# Anyone tested BFN on day 13, then gone on to have BFP later???



## foreverhopefull2013 (Jan 31, 2013)

Hey,

Ist cycle, tested day 13 BFN,  wondered if anyone has experienced this and  then gone on to have a BFP day 14, 15? My bloods are due on Friday 8th for testing, which will be day 15, though with getting this result this morning i am pretty deflated..   

Any thoughts would be appreciated..

x


----------



## Martha Moo (Jan 30, 2004)

Hi

I was a serial early tester on my first cycle,
My bloods with my clinic were day 14 and showed a bfp despite hpt an hour before saying bfn,
I tested with Early response on day 15 got a faint line (hcg was 109) the following day i was bfp with clearblue and strong line with First response

What hpt are you using

I said i would never test early again cue 2nd cycle i did it all over again 

Donna


----------



## Tw1nk82 (Dec 5, 2012)

Hi foreverhopefull I am feeling exactly the same. I tested today and got a bfn.
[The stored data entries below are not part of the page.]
// Ranges: the starting values of variables (tag 2) and registers (tag 5).
#![tactic(auto, unfolding(crate::proofs::Opened::ranges))]

ghost use Rattle.std.specs.Prelude.{◌≡◌, []};
ghost use Rattle.rules.specs.Format.{due, read_range, variable_here, read_variables, read_registers};
ghost use Rattle.field.specs.Outcome.{end_of, next_of, count_of};

use crate::fields::{due_at, fixed_end};
use crate::heads::field_at;
use crate::outcome::{Counted, need};
use crate::tags::{REGISTER, THREAD, VARIABLE};
use expression::int32_at;
use refusal::{Fault, Refusal};

// Behind the header and the locks stands the first variable.
pub const VARIABLES_AT: usize = 23;

// The bytes of a range with its tag and its length.
pub const RANGE_SIZE: usize = 11;

const MOST_VARIABLES: usize = 8;

fn range_end(s: &[u8], at: usize) -> Result<usize, Fault>
    ensures { result ≡ end_of (read_range s.now at) }
{
    let end = fixed_end(s, at, 8)?;
    let low = int32_at(s, at + 3);
    let high = int32_at(s, at + 7);
    need(low <= high, Refusal::OffRange, at)?;
    Ok(end)
}

fn register_end(s: &[u8], at: usize) -> Result<usize, Fault>
    ensures { result ≡ end_of (due 5 s.now at (read_range s.now at)) }
{
    due_at(s, at, REGISTER)?;
    range_end(s, at)
}

// Whether one more variable stands there, or else the first thread.
fn variable_here(s: &[u8], at: usize) -> Result<bool, Fault>
    ensures { result ≡ next_of at (variable_here s.now at) }
{
    let f = field_at(s, at)?;
    match f.tag {
        VARIABLE => Ok(true),
        THREAD => Ok(false),
        _ => Err(Fault {
            refusal: Refusal::OutOfTurn,
            place: at,
        }),
    }
}

pub fn read_variables(s: &[u8], at: usize) -> Result<Counted, Fault>
    ensures { result ≡ count_of (read_variables s.now at) }
{
    let mut count = 0;
    let mut end = at;
    // A `while`: behind a `for` over the most that may stand there, the place would be tested once more to tell too many.
    while variable_here(s, end)? {
        need(count < MOST_VARIABLES, Refusal::TooMany, end)?;
        end = range_end(s, end)?;
        count += 1;
    }
    Ok(Counted { count, end })
}

// The ranges of n registers.
pub fn registers_end(s: &[u8], n: usize, at: usize) -> Result<usize, Fault>
    ensures { result ≡ end_of (read_registers n [] s.now at) }
{
    let mut end = at;
    for _ in 0..n {
        end = register_end(s, end)?;
    }
    Ok(end)
}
I go for my bloods tomorrow and hoping there is a change around. I hope for the both of us there is a happy ending xx


----------



## foreverhopefull2013 (Jan 31, 2013)

Hi Donna,

That is very encouraging, thank you, gives me a little more hope now, i promised myself i wouldnt test early, and the minute i woke up this morning at 6.30am i was straight on it like a crazy woman!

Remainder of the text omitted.